The plan I'm looking at has hundreds of nodes. It takes a long time to scroll around the pages to get to the top. Fix the tab bar at the top of the page to simplify navigation. "The one with Physical Plan, Visualization, etc."
On the Physical Plan page: The top of the page displays histogram of minor fragment execution. However, it is hard to infer what it displays.
- Label the x-axis. The units seem to be seconds, but a legend of: "Runtime (sec.)" would help. (
- Label the y-axis. Seems to be colored by major fragment, lines by minor fragment. But, took some sleuthing to figure this out.
- Tooltip on each color band to identify the major fragment. (Probably too fiddly to label minor fragment lines.) (
- Choose a wider palette of colors. On my chart, the top two groups are shades of organge, the third is blue. Seems we could rotate among the standard set of colors for better contrast. ( Need to identify a good small palette )
In the tables:
For each operator, list the number of rows processed. (Available in the details already.)( DRILL-5195)
- In the table that sumarizes major fragments, have as a tool-tip the names of the minor fragments to give the numbers some meaning. That is, hovering over 00-xx-xx should say "Project, Merging Receiver".
- In the table that shows minor fragments for major fragments, either add a list of minor fragment names to the title, or as a pop-up. That is, in the heading that says, "Major Fragment: 02-xx-xx", add "(PARQUET_ROW_GROUP_SCAN, PROJECT, ...)
For each minor fragment, label the host on which it runs( DRILL-5803)
- For larger queries, shows groups by host, expanded to show fragments. (It is hard to read, say, 400 minor fragments in one big table. Showing 20 nodes (with summaries) is easier, each expanding to show 20 minor fragments.
In the Operator Profiles overview, add a tool-tip with details about each operator such as:
- Number of vector allocations
- Number of vector extensions (increasing the size of vectors)
- Average vector utilization (ratio of selected to unselected rows)
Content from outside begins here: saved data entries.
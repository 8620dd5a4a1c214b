// Debounces and batches.
ghost use Rattle.lists.specs.Starved.{OrStarved};
ghost use Rattle.serde_json.specs.View.{view};
ghost use Rattle.registry.specs.Flows.{batch_in, batch_of, debounce_in, debounce_of};
ghost use Rattle.registry.specs.declared.flaw.Flaw.TheVariants.{Memory};

use crate::expression::{condition_in, period_in, timeout_in};
use crate::flaw::Flaw;
use crate::part::{part, whole_in};
use kinds::{Batch, Debounce};
use serde_json::Value;
use std::alloc::Global;

/// The greatest number of events in a batch.
const MOST_BATCH: u64 = 100;

/// The debounce of a function, where it has one.
pub(crate) fn debounce_in(alloc: Global, function: &Value) -> Result<Option<Debounce>, Flaw>
    ensures { OrStarved Memory (debounce_in (view function.now)) result }
{
    match part(function, "debounce") {
        Some(value) => Ok(Some(debounce_of(alloc, value)?)),
        None => Ok(None),
    }
}

#[tactic(auto, unfolding(crate::specs::Flows::debounce_of))]
fn debounce_of(alloc: Global, value: &Value) -> Result<Debounce, Flaw>
    ensures { OrStarved Memory (debounce_of (view value.now)) result }
{
    let period = period_in(value, "period")?;
    let timeout = timeout_in(value, "timeout")?;
    let key = condition_in(alloc, value, "key")?;
    Ok(Debounce {
        period,
        timeout,
        key,
    })
}

/// The batch of a function, where it has one.
pub(crate) fn batch_in(alloc: Global, function: &Value) -> Result<Option<Batch>, Flaw>
    ensures { OrStarved Memory (batch_in (view function.now)) result }
{
    match part(function, "batchEvents") {
        Some(value) => Ok(Some(batch_of(alloc, value)?)),
        None => Ok(None),
    }
}

#[tactic(auto, unfolding(crate::specs::Flows::batch_of))]
fn batch_of(alloc: Global, value: &Value) -> Result<Batch, Flaw>
    ensures { OrStarved Memory (batch_of (view value.now)) result }
{
    let Some(size) = whole_in(value, "maxSize", 1, MOST_BATCH) else {
        return Err(Flaw::Limit);
    };
    let timeout = period_in(value, "timeout")?;
    let key = condition_in(alloc, value, "key")?;
    Ok(Batch {
        size: size as u8,
        timeout,
        key,
    })
}
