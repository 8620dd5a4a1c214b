// The URL and the retries of a function.
ghost use Rattle.lists.specs.Starved.{OrStarved};
ghost use Rattle.std.specs.Prelude.{◌≡◌, IfOk, None, option_map};
ghost use Rattle.serde_json.specs.View.{view};
ghost use Rattle.registry.specs.Steps.{address_with, address_in, callable, is_callable, of_parsed, retries_in, retries_member, step_in, url_in};
ghost use Rattle.url.specs.Parser.{parse_url};
ghost use Rattle.url.specs.Parts.{has_credentials};
ghost use Rattle.registry.specs.declared.flaw.Flaw.TheVariants as flaw;

use crate::address::Address;
use crate::flaw::Flaw;
use crate::part::{part, whole};
use lists::{Bytes, Memory};
use serde_json::Value;
use std::alloc::Global;
use url::{ParseError, Url};

/// The greatest length of an application's URL as it is written, its fragment with it, in bytes.
const MOST_BYTES: usize = 2_048;

/// The port of an `http` URL that names none.
const DEFAULT_PORT: u16 = 80;

/// Retries after the first attempt where the registration doesn't say, and the most.
const DEFAULT_RETRIES: u8 = 4;

const MOST_RETRIES: u64 = 20;

/// The member `step` of the member `steps`.
fn step_in(function: &Value) -> Option<&Value>
    ensures { option_map (λ v. view v.now) result ≡ step_in (view function.now) }
{
    part(part(function, "steps")?, "step")
}

/// The text of the application's URL.
fn url_in(function: &Value) -> Option<&str>
    ensures { option_map (λ s. s.now) result ≡ url_in (step_in (view function.now)) }
{
    part(part(step_in(function)?, "runtime")?, "url")?.as_str()
}

/// Where the calls of a function go.
#[tactic(auto, unfolding(crate::specs::Steps::address_in))]
pub(crate) fn address_in(alloc: Global, function: &Value) -> Result<Address, Flaw>
    ensures { OrStarved flaw.Memory (address_in (view function.now)) result }
{
    match url_in(function) {
        Some(text) => text_address(alloc, text),
        None => Err(Flaw::Url),
    }
}

fn text_address(alloc: Global, text: &str) -> Result<Address, Flaw>
    ensures { OrStarved flaw.Memory (of_parsed (parse_url None text.now)) result }
{
    match Url::parse(alloc, text) {
        Ok(url) => callable(alloc, &url),
        Err(ParseError::OutOfMemory | ParseError::Overflow) => Err(Flaw::Memory),
        Err(_) => Err(Flaw::Url),
    }
}

fn callable(alloc: Global, url: &Url) -> Result<Address, Flaw>
    ensures { OrStarved flaw.Memory (callable url.now) result }
{
    if url.scheme() == "https" {
        return Err(Flaw::HttpsUrl);
    }
    let Some(host) = url.host_str() else {
        return Err(Flaw::Url);
    };
    if !is_callable(url) {
        return Err(Flaw::Url);
    }
    Ok(address_with(alloc, url, host)?)
}

fn is_callable(url: &Url) -> bool
    ensures { result ≡ is_callable url.now }
{
    url.scheme() == "http" && !has_credentials(url) && url.as_str().len() <= MOST_BYTES
}

fn has_credentials(url: &Url) -> bool
    ensures { result ≡ has_credentials url.now }
{
    !url.username().is_empty() || url.password().is_some()
}

fn address_with(alloc: Global, url: &Url, host: &str) -> Result<Address, Memory>
    ensures { IfOk result (λ address. address ≡ address_with url.now host.now) }
{
    Ok(Address {
        host: Bytes::from_slice(alloc, host.as_bytes())?,
        port: url.port().unwrap_or(DEFAULT_PORT),
        path: Bytes::from_slice(alloc, url.path().as_bytes())?,
        query: Bytes::from_slice(alloc, url.query().unwrap_or("").as_bytes())?,
    })
}

/// The retries after the first attempt.
#[tactic(auto, unfolding(crate::specs::Steps::retries_in))]
pub(crate) fn retries_in(function: &Value) -> Result<u8, Flaw>
    ensures { result ≡ retries_in (view function.now) }
{
    let Some(retries) = retries_member(function) else {
        return Ok(DEFAULT_RETRIES);
    };
    if !retries.is_object() {
        return Err(Flaw::Retries);
    }
    let Some(attempts) = part(retries, "attempts") else {
        return Ok(DEFAULT_RETRIES);
    };
    match whole(attempts, 0, MOST_RETRIES) {
        Some(number) => Ok(number as u8),
        None => Err(Flaw::Retries),
    }
}

fn retries_member(function: &Value) -> Option<&Value>
    ensures { option_map (λ v. view v.now) result ≡ retries_member (view function.now) }
{
    part(step_in(function)?, "retries")
}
- Average batch size: number of rows, bytes per row, bytes per batch
- Number of files scanned
- Number of schemas found
- Number of bytes read (or file length if a table scan)
- Name of the file scanned (or first several if a group)
- Rows in, rows out and selectivity (as a ratio)
In the operator detail table:
Add a line for totals (records, batches)( DRILL-5195)
- Add a line for averages (most fields)
Under the "Full JSON Profile", part of the JSON is formatted, but the plan part is not. Display the plan in a formatted version (with proper indentation). It is not very useful in the current, streamed, non-indented form.
Better, move the JSON Profile to a new tab since it causes the Physical Plan page to get too large for large queries.
On the Visualized Plan page,
- The coloring of the fragments does not match the coloring used in the chart on the Physical Plan page. Please use the same to make them easier to correlate.
- Perhaps enclose each fragment in a box (with the border passing through the middle of each eachange operator.
- For each aspect of the plan, provide basic stats such as number of minor fragments, number of records, average time.
- For each node, provide a link to the Physical Plan page to see more detail.
- The visualized plan page shows the same info as the Physical Plan page. Better, keep each page focused and make it easy to navigate between them.
- Naming is inconsistent between this page and the Physical Plan page. "HASH_AGGREGATE" on the Physical Plan page, "HashAgg" on the visualization page.
On the Edit Query page, the actual field to edit the query is two lines long (but my query is over a dozen lines.) Then, the rest of the page repeats the chart, details, etc. Seems that, if I want to edit the query, I should have a field large enough to do so. And, I don't need the other info (I'll go to the corresponding tab it I want to see it.)
Then, regarding the Query page and Edit query, can these be combined? On the Query page, I see the query. If the query is running, I should see a Cancel button. If completed, I should see an Edit button followed by a Rerun button. Or, better, simply provide a Cancel (if running) button and a Edit (always) button. Edit shifts back to the main Query tab with with the text of the query filled in. This behavior more clearly demonsrates that the new query is independent of the original one.